The circuit in Figure 6 illustrates an in amp connected in a bridge circuit that could measure strain, pressure, humidity, or another physical phenomena with a resistive sensor substituted for the Rs component. One side of the bridge connects to the in-amp positive input and the other side connects to the in-amp negative input. To start, assume all resistors in the bridge have the same value.

Figure 6. This bridge circuit indicates a resistance change in the sensor element (Rs) as a voltage difference between the two output signals applied to the in amp. The amplifier removes any common-mode voltage from the excitation source and puts out only the voltage difference between the two inputs. Resistor Rg determines the in-amp’s gain.

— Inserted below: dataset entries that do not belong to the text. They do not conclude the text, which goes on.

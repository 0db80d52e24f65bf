// For the benchmark: two functions over a card, to be called from C. Blocks that do not lie inside the card give 3.
#![tactic(auto)]

ghost use Rattle.std.specs.Prelude.{◌≡◌, cond, ◌+◌, ◌*◌, leb, length};
ghost use Rattle.block_seals.specs.Sealed.{blank};
ghost use Rattle.blocks_of_card.specs.Card.{block_of, zeroed};

use block_seals::BLOCK;

// Fills k blocks from b on with zeros, and gives 0.
#[unsafe(no_mangle)]
pub extern "C" fn bench_zero_blocks(card: &mut [u8], b: u32, k: u32) -> u32
    ensures { (result ≡ cond (leb (512 * (b + k)) (length card.old)) 0 3)
        × (card.new ≡ cond (leb (512 * (b + k)) (length card.old))
        (zeroed card.old b k) card.old) }
{
    if BLOCK * ((b as usize) + (k as usize)) <= card.len() {
        blocks_of_card::zero_blocks(card, b, k);
        return 0;
    }
    3
}

// Gives 1 if block b is blank, else 0.
#[unsafe(no_mangle)]
pub extern "C" fn bench_blank_block(card: &[u8], b: u32) -> u32
    ensures { result ≡ cond (leb (512 * b + 512) (length card.now))
        (cond (blank (block_of card.now b)) 1 0) 3 }
{
    if BLOCK * (b as usize) + BLOCK <= card.len() {
        if blocks_of_card::blank_block(card, b) {
            return 1;
        }
        return 0;
    }
    3
}
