// A text graph put into the one spacing.
#![tactic(auto)]
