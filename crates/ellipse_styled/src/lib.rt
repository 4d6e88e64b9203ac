// The styled rows of an ellipse, after embedded-graphics 0.8.2 `ellipse/styled.rs`
// (`StyledScanlines`). The fill is looked for among the stroke's columns, by the ellipse of the fill
// sides about the centre of the stroke area.
#![tactic(auto)]

ghost use Rattle.std.specs.Prelude.{◌≡◌, ◌*◌, ◌-◌, ◌<◌, ◌≤◌, Some, None};
ghost use Rattle.signed.specs.Signed.{Near};
ghost use Rattle.geometry.specs.Bounds.{wide_side, wide_point, SizeUpTo};
ghost use Rattle.rectangle.specs.Bounds.{Bounded};
ghost use Rattle.scanline.specs.Places.{find_from};
ghost use Rattle.ellipse.specs.Relative.{wide_distance, SmallWeights};
ghost use Rattle.ellipse_search.specs.Search.{column_inside};
ghost use Rattle.ellipse_styled.specs.EllipseStyled.{ellipse_styled_row};
ghost use Rattle.ellipse_styled.specs.Relative.{runs_from, ReadyEllipse};

use ellipse::EllipseContains;
use ellipse_rows::has_rows;
use ellipse_search::scan_inside;
use geometry::Size;
use geometry_range::Range;
use rectangle::Rectangle;
use scanline::StyledRuns;

// Where the searches of a row begin, for the stroke and for the fill: nothing depends on it but time.
#[derive(Clone, Copy)]
pub struct EllipseHints {
    pub stroke: u32,
    pub fill: u32,
}

// An ellipse made ready for many rows: its stroke area, its fill sides, the tests of both, and
// whether it has rows.
#[derive(Clone, Copy)]
pub struct StyledEllipse {
    pub area: Rectangle,
    pub sides: Size,
    pub stroke: EllipseContains,
    pub fill: EllipseContains,
    pub rows: bool,
}

// A styled row, and the hints for the row after it.
#[derive(Clone, Copy)]
pub struct EllipseRow {
    pub row: Option<StyledRuns>,
    pub hints: EllipseHints,
}

// The runs of a row, and the hint for the next row's fill.
#[derive(Clone, Copy)]
struct HintedRuns {
    runs: StyledRuns,
    hint: u32,
}

// The runs of a row of `width` columns whose stroke starts at place s and whose fill starts at c.
pub fn filled_runs(left: i32, width: u32, s: u32, c: u32) -> StyledRuns
    requires near { Near wide_point left }
    requires width_le_wide_side { (width ≤ wide_side) × (s ≤ width) × (c ≤ width) }
    ensures { result ≡ runs_from left width s (Some c) }
{
    let fill_start = scanline::from_first(left, c);
    let fill_end = scanline::before_end(left, width, c);
    StyledRuns {
        stroke_left: Range {
            start: scanline::from_first(left, s),
            end: fill_start,
        },
        fill: Range {
            start: fill_start,
            end: fill_end,
        },
        stroke_right: Range {
            start: fill_end,
            end: scanline::before_end(left, width, s),
        },
    }
}

// The runs of a row without fill: all of it is left stroke.
pub fn hollow_runs(left: i32, width: u32, s: u32) -> StyledRuns
    requires near { Near wide_point left }
    requires width_le_wide_side { (width ≤ wide_side) × (s ≤ width) }
    ensures { result ≡ runs_from left width s None }
{
    let end = scanline::before_end(left, width, s);
    StyledRuns {
        stroke_left: Range {
            start: scanline::from_first(left, s),
            end: end,
        },
        fill: Range {
            start: end,
            end: end,
        },
        stroke_right: Range {
            start: end,
            end: end,
        },
    }
}

// The runs of a row whose stroke starts at place s, on a row at this distance from the middle, and
// where the next row's fill is looked for.
fn runs_at(
    left: i32,
    width: u32,
    distance: u64,
    s: u32,
    fill: EllipseContains,
    hint: u32,
) -> HintedRuns
    requires near { Near wide_point left }
    requires width_le_wide_side { (width ≤ wide_side) × (2 * s < width) × (distance ≤ wide_distance) }
    requires small_weights { SmallWeights fill }
    ensures { result.runs ≡ runs_from left width s (find_from (column_inside fill width distance) (width - 2 * s) s) }
{
    let Some(c) = scan_inside(fill, width, distance, s, width - 2 * s, hint) else {
        return HintedRuns {
            runs: hollow_runs(left, width, s),
            hint: hint,
        };
    };
    HintedRuns {
        runs: filled_runs(left, width, s, c),
        hint: c,
    }
}

impl StyledEllipse {
    pub fn new(area: Rectangle, sides: Size) -> StyledEllipse
        requires bounded { Bounded area }
        requires size_up_to { SizeUpTo wide_side sides }
        ensures { (result.area ≡ area) × (result.sides ≡ sides) × ReadyEllipse result }
    {
        let stroke = EllipseContains::new(area.size);
        StyledEllipse {
            area: area,
            sides: sides,
            stroke: stroke,
            fill: EllipseContains::new(sides),
            rows: has_rows(stroke, area.size),
        }
    }

    // The styled row at y.
    pub fn row(self, y: i32, hints: EllipseHints) -> EllipseRow
        requires ready_ellipse { ReadyEllipse self }
        requires near { Near wide_point y }
        ensures { result.row ≡ ellipse_styled_row self.area self.sides y }
    {
        let area = self.area;
        let top_left = area.top_left;
        let size = area.size;
        let Some(dy) = scanline::place_of(top_left.y, size.height, y) else {
            return EllipseRow {
                row: None,
                hints: hints,
            };
        };
        if !self.rows {
            return EllipseRow {
                row: None,
                hints: hints,
            };
        }
        let distance = ellipse::gap(size.height, dy);
        let stroke = self.stroke;
        let stroke_hint = hints.stroke;
        let Some(s) = scan_inside(stroke, size.width, distance, 0, size.width, stroke_hint) else {
            return EllipseRow {
                row: None,
                hints: hints,
            };
        };
        let fill = self.fill;
        let fill_hint = hints.fill;
        let found = runs_at(top_left.x, size.width, distance, s, fill, fill_hint);
        let runs = found.runs;
        let next_fill = found.hint;
        EllipseRow {
            row: Some(runs),
            hints: EllipseHints {
                stroke: s,
                fill: next_fill,
            },
        }
    }
}
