// A file's polls: what they read of the disk, and what they hand out.
ghost use Rattle.std.specs.Prelude.{◌≡◌, [], None};
ghost use Rattle.inc_model.specs.declared.words.event.Event.TheVariants.{Poll};
ghost use Rattle.inc_cell.specs.events.Answers.{CellSteps};
ghost use Rattle.inc_cell.specs.device.Handed.{MayHand};

use crate::cell::{FileCell, unhanded};
use crate::parts::ended::keep_read;
use crate::parts::hand::{Handing, block_of, hand_out, is_waiting};
use crate::parts::puts::spot_at;
use crate::{Answer, CellReply, Digested};
use inc_disk::Disk;
use inc_model::Event;

impl<D: Disk> FileCell<D> {
    /// Asks for a read's block, with its whole path.
    pub fn poll(&mut self, who: u32, serial: u32, now: u64) -> Answer
        ensures steps { CellSteps self.old who (Poll serial now) [] result self.new }
        ensures hands { MayHand self.old who serial [] result.reply result.handed }
        ensures early { result.early ≡ None }
    {
        self.poll_known(who, serial, now, &[])
    }

    /// The same without those hash blocks of the path whose numbers are known. A number that isn't of the path changes nothing.
    pub fn poll_known(&mut self, who: u32, serial: u32, now: u64, known: &[u32]) -> Answer
        ensures steps { CellSteps self.old who (Poll serial now) [] result self.new }
        ensures hands { MayHand self.old who serial known.now result.reply result.handed }
        ensures early { result.early ≡ None }
    {
        self.poll_hinted(who, serial, now, known, None)
    }

    /// The same by one who may have the block already, hashed: where it has the bytes of this hint it isn't hashed again. The block is read
    /// all the same, and what is handed out is what was read.
    pub fn poll_hinted(
        &mut self,
        who: u32,
        serial: u32,
        now: u64,
        known: &[u32],
        hint: Option<&Digested>,
    ) -> Answer
        ensures steps { CellSteps self.old who (Poll serial now) [] result self.new }
        ensures hands { MayHand self.old who serial known.now result.reply result.handed }
        ensures early { result.early ≡ None }
    {
        let event = Event::Poll { serial, now };
        let at = self.book.len();
        if let Some((entries, claimed)) = self.book.full_for(event) {
            return unhanded(at, CellReply::HistoryFull { entries, claimed });
        }
        let wanted = self.book.reply_to(who, event).unwrap();
        if is_waiting(&wanted) {
            return unhanded(at, CellReply::Done(wanted));
        }
        if self.book.make_room(event).is_err() {
            return unhanded(at, CellReply::OutOfMemory);
        }
        let read = self.book.read_of(who, serial);
        let block = block_of(read);
        let place = spot_at(self.spots.as_slice(), block);
        let areas = &self.opened.areas;
        let alloc = self.book.alloc();
        let Handing { reply, handed } = match hand_out(
            alloc,
            &mut self.disk,
            areas,
            block,
            place,
            known,
            hint,
            wanted,
        ) {
            Ok(handing) => handing,
            Err(_) => return unhanded(at, CellReply::OutOfMemory),
        };
        self.book.enter(who, event, &reply).unwrap();
        keep_read(&mut self.log, read, now, &reply);
        Answer {
            reply: CellReply::Done(reply),
            at,
            handed,
            early: None,
        }
    }
}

As the sensor’s resistance changes, the bridge circuit produces a small voltage difference between the two connections to the in amp. Both inputs also receive a part of the bridge’s excitation voltage, say +3 volts. Thus, in this example the in-amp minus input “sees,” a 2.000V signal, while the positive input “sees” 2.015V. The 0.015V difference between the two inputs provides the useful sensor information. Note that the in-amp circuit converted a differential signal to a single-ended signal referenced to ground. In-amps have a reference input, so if necessary you can offset the in-amp’s output. I’ll talk more about amplification and offset in my next column.

For more information about in amps, I recommend the following:

  1. A Designer’s Guide to Instrumentation Amplifiers,” 3rd edition, Analog Devices
  2. Getting the Most out of Your Instrumentation Amplifier Design,” Texas Instruments
  3. Ultra-precise Instrumentation Amplifier Makes Robust Thermocouple Interface,” (PDF) Design Note 302, Linear Technology.